EXERCISE BRIEF: After reading the lines below, count those that contain "size" and give the count alone.

=== TASK INPUT ===

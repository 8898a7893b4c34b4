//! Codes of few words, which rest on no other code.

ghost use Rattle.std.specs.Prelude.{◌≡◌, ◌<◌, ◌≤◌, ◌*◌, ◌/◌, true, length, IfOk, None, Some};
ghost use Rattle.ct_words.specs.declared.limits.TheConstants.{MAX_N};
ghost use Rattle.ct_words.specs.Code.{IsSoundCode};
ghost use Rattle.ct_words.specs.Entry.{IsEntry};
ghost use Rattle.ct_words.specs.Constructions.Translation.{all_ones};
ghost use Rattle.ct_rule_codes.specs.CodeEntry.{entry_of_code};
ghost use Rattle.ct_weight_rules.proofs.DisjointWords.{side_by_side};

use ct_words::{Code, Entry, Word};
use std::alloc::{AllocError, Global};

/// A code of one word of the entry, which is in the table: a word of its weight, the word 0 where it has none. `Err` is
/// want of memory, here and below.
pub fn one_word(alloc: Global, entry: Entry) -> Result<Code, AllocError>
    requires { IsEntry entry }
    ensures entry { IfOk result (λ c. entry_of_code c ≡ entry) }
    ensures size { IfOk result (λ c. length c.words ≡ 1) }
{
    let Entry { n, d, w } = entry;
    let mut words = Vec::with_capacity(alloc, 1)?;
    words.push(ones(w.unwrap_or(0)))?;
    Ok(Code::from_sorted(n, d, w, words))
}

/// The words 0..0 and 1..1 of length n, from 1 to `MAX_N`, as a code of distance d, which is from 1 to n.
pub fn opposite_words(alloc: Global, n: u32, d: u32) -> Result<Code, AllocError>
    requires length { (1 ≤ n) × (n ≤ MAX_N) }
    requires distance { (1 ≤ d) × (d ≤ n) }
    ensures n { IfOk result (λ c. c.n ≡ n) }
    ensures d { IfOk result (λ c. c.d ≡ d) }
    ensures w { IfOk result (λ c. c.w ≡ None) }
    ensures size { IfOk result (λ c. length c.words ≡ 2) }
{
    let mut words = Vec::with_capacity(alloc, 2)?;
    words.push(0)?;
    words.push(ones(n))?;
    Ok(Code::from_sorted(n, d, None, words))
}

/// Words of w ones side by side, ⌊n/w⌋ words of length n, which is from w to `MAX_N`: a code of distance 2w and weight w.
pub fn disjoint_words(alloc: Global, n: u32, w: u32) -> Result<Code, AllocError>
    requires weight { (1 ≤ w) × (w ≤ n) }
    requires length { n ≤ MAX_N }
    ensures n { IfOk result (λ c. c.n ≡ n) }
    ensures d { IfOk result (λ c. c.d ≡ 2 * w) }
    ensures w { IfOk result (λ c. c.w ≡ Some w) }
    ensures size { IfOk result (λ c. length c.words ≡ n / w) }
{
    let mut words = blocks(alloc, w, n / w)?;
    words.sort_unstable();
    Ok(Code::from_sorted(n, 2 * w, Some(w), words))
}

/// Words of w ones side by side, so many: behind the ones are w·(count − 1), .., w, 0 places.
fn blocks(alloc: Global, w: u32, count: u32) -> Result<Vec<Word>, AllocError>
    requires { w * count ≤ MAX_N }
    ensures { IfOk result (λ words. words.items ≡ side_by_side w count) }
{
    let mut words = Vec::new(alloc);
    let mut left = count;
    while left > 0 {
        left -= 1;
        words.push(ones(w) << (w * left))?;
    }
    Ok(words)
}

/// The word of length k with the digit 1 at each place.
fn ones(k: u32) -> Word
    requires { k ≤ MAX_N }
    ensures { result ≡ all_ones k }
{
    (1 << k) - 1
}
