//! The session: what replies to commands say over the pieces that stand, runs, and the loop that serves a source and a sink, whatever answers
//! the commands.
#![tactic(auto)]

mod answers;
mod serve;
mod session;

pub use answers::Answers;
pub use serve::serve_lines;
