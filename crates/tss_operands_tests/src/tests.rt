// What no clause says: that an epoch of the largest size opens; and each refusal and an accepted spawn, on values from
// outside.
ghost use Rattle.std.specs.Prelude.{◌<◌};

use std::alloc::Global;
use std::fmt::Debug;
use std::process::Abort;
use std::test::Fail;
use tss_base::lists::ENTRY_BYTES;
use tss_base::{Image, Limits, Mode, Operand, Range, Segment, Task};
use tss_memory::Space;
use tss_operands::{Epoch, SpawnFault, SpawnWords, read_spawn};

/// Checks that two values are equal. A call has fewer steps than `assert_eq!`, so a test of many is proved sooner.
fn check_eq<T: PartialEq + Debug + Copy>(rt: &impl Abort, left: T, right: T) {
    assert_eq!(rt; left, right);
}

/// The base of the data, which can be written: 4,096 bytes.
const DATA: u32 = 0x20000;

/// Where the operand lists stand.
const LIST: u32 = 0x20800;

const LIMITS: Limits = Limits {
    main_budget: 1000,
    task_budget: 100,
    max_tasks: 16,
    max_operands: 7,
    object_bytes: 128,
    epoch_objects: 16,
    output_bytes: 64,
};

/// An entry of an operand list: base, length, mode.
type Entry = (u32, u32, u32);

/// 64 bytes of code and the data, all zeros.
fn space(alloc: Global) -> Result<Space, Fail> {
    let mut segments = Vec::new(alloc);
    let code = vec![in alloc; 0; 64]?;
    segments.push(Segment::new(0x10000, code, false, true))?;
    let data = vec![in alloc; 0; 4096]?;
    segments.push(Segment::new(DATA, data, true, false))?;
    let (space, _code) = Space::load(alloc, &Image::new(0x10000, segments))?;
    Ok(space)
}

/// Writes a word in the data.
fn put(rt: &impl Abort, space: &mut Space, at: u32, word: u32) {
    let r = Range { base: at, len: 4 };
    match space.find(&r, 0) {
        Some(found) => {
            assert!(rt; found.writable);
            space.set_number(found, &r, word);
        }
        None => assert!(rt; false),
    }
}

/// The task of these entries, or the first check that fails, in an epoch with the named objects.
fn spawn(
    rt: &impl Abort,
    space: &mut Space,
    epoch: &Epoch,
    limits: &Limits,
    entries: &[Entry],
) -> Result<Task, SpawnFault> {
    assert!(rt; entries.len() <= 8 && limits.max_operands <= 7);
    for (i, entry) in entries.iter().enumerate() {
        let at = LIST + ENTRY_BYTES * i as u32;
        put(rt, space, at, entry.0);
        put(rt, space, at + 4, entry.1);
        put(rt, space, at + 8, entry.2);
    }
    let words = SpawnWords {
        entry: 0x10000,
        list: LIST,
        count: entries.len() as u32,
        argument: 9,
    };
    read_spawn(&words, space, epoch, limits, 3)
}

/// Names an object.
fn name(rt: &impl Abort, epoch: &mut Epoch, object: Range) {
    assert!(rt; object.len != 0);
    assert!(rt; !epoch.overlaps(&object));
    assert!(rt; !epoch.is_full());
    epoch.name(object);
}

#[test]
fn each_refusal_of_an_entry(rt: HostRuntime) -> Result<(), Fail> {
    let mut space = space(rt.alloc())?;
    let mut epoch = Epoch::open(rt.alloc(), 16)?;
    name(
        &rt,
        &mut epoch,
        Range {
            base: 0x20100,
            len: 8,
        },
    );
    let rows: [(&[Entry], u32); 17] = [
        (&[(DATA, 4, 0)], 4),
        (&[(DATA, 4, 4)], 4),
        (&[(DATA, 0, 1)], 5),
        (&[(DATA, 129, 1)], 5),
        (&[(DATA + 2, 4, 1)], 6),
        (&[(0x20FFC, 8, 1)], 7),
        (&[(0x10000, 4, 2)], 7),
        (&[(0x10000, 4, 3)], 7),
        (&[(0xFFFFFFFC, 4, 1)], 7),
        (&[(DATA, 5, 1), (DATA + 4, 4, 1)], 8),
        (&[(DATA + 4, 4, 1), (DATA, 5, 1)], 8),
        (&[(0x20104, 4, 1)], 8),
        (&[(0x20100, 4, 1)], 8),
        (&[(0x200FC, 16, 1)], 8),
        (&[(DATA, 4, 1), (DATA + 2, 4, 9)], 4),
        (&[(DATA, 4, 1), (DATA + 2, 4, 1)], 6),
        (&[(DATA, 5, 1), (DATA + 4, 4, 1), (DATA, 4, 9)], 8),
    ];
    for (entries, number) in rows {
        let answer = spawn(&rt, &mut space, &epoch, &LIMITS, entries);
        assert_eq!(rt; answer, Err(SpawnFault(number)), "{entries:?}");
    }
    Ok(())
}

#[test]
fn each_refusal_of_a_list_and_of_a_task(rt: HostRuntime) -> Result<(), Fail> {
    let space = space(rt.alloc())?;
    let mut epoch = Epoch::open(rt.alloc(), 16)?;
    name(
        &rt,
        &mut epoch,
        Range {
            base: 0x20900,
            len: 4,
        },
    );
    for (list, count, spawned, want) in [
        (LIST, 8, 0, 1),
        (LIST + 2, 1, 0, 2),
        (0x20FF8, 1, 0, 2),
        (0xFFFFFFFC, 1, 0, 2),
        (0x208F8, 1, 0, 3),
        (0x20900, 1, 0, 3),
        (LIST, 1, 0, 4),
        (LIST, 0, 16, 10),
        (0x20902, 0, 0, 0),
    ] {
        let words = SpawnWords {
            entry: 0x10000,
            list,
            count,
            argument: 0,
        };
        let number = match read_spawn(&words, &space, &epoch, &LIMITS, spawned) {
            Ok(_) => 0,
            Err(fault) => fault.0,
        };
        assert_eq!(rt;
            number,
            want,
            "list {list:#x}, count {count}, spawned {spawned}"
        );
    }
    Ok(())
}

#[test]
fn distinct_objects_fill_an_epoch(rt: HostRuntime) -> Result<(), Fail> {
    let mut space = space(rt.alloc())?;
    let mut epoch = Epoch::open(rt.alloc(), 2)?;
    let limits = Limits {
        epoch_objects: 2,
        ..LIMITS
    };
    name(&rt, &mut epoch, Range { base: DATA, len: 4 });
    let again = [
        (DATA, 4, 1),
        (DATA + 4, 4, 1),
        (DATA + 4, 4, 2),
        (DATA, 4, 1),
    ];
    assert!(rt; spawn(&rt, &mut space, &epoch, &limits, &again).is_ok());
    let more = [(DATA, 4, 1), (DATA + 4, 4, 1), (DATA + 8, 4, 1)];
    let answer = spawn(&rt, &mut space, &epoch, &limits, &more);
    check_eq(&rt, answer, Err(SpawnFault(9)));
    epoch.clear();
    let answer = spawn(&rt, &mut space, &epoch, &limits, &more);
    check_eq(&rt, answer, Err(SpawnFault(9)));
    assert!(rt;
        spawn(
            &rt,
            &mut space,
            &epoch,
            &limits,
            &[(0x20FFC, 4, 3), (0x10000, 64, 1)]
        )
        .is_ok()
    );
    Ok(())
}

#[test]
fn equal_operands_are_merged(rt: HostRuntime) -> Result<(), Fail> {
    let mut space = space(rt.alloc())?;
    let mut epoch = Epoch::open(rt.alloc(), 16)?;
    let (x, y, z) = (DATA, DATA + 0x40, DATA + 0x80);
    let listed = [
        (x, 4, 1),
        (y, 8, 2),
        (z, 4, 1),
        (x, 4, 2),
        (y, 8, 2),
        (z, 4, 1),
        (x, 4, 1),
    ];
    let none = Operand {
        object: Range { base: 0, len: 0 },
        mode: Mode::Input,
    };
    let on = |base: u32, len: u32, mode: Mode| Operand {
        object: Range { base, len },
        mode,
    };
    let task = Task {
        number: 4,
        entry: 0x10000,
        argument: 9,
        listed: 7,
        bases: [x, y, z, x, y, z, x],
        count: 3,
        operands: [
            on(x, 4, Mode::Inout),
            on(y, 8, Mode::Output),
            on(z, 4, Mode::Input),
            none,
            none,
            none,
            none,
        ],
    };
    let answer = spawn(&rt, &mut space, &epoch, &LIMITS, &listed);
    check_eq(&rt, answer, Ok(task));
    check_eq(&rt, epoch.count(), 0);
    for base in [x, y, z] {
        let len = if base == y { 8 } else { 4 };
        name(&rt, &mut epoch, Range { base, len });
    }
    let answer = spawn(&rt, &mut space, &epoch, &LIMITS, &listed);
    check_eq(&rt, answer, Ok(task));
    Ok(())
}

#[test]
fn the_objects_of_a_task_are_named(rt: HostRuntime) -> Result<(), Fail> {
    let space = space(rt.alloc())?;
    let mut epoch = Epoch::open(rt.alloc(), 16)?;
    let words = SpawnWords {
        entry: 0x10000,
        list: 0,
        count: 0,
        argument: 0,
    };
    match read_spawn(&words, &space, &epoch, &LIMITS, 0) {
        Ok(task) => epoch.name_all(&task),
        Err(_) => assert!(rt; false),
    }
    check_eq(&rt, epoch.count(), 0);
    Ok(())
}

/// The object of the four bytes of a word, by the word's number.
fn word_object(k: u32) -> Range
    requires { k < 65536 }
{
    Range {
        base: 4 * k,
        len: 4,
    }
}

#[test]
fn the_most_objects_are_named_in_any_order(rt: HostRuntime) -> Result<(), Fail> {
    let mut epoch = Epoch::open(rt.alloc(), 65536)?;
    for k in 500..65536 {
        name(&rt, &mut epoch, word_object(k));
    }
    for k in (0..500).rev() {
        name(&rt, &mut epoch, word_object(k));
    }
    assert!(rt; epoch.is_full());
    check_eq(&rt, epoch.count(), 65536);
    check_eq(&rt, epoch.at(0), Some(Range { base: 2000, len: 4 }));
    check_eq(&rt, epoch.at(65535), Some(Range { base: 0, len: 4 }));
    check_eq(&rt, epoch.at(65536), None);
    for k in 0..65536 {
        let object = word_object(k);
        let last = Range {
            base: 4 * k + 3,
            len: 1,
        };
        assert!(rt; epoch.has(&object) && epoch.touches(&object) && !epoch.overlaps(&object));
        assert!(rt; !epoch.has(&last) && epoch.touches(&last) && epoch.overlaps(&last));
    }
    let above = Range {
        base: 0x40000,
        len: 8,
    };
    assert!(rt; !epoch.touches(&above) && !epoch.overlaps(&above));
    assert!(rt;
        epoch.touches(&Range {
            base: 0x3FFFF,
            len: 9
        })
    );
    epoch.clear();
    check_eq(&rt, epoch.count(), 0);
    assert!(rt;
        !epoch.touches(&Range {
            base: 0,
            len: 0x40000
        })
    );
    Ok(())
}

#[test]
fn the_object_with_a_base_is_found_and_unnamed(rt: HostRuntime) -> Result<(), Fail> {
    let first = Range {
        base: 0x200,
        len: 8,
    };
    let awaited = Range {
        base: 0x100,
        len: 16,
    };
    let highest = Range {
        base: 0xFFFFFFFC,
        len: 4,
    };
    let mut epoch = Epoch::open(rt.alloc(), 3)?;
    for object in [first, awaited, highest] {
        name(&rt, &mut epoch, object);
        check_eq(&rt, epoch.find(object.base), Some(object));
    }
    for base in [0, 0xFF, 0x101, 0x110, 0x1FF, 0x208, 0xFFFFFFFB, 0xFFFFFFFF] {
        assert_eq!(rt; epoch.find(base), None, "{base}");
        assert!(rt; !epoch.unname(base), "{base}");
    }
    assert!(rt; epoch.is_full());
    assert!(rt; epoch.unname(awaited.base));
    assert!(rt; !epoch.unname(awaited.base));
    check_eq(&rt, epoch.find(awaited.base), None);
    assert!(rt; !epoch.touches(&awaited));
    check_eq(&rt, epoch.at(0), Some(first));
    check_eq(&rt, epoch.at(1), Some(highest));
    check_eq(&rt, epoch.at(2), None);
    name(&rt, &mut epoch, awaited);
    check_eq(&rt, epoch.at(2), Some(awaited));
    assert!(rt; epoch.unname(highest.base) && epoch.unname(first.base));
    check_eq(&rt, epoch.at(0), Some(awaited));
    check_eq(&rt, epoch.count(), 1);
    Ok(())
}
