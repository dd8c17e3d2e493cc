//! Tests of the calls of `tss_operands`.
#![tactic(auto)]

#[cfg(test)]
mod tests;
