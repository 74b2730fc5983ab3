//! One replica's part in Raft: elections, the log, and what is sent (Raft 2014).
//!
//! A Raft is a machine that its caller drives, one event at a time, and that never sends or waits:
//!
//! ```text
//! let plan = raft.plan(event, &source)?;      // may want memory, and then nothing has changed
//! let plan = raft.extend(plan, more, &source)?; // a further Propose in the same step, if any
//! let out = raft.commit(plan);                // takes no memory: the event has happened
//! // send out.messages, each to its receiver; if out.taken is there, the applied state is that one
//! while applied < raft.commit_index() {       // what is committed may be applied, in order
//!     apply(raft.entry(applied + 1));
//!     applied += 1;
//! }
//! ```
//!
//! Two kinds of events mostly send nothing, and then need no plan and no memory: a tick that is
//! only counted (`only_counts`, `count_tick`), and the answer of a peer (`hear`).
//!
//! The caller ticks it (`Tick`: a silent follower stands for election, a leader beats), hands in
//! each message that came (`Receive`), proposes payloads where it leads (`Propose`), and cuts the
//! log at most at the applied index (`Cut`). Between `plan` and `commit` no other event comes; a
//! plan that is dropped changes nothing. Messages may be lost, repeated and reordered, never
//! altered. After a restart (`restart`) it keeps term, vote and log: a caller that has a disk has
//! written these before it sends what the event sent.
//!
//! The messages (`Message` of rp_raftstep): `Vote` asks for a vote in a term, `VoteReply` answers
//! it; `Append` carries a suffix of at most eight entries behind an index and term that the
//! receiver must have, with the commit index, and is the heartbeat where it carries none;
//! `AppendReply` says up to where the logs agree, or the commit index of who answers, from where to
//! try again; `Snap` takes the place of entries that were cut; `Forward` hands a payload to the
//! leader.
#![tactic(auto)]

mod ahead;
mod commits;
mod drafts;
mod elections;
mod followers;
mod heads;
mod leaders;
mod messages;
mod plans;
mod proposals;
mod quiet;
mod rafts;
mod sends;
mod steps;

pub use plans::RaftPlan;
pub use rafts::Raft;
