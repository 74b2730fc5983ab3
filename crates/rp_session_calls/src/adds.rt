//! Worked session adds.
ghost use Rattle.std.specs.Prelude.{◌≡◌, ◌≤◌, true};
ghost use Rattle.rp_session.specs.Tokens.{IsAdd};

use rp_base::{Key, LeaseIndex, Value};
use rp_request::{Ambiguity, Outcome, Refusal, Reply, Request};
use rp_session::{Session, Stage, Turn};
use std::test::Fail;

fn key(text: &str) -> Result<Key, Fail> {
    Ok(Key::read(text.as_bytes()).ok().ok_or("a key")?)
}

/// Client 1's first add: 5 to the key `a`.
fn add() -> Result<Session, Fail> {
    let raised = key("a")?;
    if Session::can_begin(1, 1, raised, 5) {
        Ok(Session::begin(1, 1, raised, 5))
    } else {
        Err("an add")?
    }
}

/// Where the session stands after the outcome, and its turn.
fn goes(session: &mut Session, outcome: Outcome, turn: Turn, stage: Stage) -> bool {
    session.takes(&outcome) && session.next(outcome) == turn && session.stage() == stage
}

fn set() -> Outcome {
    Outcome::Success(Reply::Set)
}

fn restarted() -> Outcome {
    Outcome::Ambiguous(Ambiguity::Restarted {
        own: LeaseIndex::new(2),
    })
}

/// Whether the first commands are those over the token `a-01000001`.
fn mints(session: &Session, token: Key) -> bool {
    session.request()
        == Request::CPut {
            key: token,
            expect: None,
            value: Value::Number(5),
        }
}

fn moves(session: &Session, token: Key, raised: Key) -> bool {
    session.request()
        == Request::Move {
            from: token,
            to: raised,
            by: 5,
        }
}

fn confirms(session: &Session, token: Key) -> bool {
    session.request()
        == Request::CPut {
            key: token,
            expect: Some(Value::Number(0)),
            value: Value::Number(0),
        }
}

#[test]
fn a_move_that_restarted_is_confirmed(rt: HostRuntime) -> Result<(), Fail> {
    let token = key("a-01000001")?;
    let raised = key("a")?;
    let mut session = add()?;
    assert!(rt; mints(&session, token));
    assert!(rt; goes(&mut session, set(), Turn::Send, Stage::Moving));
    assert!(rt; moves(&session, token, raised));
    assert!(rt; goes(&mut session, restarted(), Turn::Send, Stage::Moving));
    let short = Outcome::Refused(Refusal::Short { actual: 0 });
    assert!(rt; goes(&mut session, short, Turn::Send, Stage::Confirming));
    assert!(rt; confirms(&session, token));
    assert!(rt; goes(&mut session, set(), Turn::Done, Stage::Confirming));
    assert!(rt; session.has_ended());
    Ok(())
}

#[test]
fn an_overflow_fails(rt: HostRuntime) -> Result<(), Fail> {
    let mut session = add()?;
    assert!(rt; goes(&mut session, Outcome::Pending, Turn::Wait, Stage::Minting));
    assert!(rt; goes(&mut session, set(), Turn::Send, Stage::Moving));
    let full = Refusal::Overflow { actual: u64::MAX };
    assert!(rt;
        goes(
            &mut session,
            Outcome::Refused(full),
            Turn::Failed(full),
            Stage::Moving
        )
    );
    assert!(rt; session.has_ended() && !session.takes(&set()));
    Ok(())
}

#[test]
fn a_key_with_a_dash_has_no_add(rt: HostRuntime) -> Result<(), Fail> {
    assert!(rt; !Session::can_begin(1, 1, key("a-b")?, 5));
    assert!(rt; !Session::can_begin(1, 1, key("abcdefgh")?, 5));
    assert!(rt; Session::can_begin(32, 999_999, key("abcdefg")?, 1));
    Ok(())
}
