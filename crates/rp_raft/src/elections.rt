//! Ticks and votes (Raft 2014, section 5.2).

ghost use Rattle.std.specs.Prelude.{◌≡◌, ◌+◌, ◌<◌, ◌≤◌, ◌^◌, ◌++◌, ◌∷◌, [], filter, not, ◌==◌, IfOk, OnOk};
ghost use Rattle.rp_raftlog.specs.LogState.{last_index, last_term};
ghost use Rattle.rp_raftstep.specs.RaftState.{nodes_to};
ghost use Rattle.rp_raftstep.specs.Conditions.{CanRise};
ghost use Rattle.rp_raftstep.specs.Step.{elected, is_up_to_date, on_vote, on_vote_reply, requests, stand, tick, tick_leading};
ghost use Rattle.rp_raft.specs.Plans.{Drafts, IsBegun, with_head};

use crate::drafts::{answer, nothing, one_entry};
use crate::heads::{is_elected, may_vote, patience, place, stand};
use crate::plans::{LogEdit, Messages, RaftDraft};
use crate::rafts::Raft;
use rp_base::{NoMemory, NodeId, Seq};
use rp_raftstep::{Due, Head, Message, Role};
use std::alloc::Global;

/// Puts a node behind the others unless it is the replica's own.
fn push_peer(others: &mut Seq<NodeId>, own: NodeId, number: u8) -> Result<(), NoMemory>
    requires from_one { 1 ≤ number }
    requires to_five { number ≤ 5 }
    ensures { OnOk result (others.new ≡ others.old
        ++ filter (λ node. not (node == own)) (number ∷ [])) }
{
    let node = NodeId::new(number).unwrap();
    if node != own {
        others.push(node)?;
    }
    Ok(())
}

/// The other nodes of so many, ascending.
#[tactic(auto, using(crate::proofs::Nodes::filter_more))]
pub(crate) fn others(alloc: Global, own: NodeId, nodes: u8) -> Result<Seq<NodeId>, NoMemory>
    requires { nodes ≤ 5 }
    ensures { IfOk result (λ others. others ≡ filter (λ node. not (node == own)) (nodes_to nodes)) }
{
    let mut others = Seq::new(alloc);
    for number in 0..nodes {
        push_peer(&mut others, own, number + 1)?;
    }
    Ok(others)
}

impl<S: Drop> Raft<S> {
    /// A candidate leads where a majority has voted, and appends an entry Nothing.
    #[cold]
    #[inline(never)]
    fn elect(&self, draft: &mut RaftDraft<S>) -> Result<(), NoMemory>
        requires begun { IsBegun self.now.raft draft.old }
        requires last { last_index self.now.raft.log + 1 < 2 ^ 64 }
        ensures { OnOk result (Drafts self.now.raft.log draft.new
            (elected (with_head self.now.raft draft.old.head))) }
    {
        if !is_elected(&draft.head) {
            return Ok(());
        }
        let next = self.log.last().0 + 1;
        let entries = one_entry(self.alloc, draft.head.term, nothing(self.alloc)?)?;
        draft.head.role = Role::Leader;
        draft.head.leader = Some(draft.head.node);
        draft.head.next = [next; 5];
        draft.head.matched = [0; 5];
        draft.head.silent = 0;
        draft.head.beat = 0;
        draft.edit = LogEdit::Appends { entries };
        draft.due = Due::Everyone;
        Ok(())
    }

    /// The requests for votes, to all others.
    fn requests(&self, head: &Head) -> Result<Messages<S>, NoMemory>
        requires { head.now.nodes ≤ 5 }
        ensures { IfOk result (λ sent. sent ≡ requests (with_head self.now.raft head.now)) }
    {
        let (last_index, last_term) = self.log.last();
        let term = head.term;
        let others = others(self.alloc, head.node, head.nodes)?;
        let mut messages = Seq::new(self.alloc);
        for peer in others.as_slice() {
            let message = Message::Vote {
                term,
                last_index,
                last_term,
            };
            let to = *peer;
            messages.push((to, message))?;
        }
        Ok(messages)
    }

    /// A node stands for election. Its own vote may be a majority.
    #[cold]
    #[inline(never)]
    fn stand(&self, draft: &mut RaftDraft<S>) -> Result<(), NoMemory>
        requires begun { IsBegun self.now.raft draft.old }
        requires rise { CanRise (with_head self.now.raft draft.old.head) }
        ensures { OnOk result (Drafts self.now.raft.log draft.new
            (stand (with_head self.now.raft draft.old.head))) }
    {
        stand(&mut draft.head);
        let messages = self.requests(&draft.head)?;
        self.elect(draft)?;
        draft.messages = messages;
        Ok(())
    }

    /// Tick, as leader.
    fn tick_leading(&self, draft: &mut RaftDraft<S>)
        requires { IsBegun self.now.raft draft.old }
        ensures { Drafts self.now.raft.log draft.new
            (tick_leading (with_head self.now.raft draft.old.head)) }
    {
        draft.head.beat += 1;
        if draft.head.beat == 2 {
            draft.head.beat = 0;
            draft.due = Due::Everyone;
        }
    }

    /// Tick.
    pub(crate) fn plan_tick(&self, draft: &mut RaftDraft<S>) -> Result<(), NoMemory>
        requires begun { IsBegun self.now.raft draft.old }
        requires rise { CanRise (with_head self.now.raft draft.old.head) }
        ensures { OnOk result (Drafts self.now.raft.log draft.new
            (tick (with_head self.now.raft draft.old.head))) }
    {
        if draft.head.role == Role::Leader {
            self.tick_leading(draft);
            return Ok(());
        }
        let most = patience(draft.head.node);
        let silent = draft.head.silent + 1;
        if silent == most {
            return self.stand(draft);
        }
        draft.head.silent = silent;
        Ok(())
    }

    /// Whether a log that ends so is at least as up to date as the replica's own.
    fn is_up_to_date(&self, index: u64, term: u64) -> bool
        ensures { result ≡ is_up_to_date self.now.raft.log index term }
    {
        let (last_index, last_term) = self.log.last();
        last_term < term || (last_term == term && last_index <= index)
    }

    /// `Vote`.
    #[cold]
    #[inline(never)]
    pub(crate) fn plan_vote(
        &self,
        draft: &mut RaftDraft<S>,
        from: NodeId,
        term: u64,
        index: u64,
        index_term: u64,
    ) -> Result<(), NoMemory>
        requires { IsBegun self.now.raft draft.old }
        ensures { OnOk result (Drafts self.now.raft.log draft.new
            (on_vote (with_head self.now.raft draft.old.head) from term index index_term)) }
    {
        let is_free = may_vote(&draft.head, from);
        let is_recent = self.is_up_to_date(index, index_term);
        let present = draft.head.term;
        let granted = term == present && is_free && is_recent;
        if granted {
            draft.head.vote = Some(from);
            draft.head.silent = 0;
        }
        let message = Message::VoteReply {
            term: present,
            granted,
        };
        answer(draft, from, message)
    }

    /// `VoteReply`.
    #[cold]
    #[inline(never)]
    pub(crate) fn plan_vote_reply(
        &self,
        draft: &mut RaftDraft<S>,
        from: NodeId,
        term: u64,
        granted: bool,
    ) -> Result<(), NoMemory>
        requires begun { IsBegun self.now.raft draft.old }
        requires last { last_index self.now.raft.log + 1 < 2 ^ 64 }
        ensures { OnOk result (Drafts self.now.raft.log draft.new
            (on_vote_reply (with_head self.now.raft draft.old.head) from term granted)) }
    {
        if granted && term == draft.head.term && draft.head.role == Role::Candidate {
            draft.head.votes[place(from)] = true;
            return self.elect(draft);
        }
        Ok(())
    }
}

===

RESPONSE AREA: 4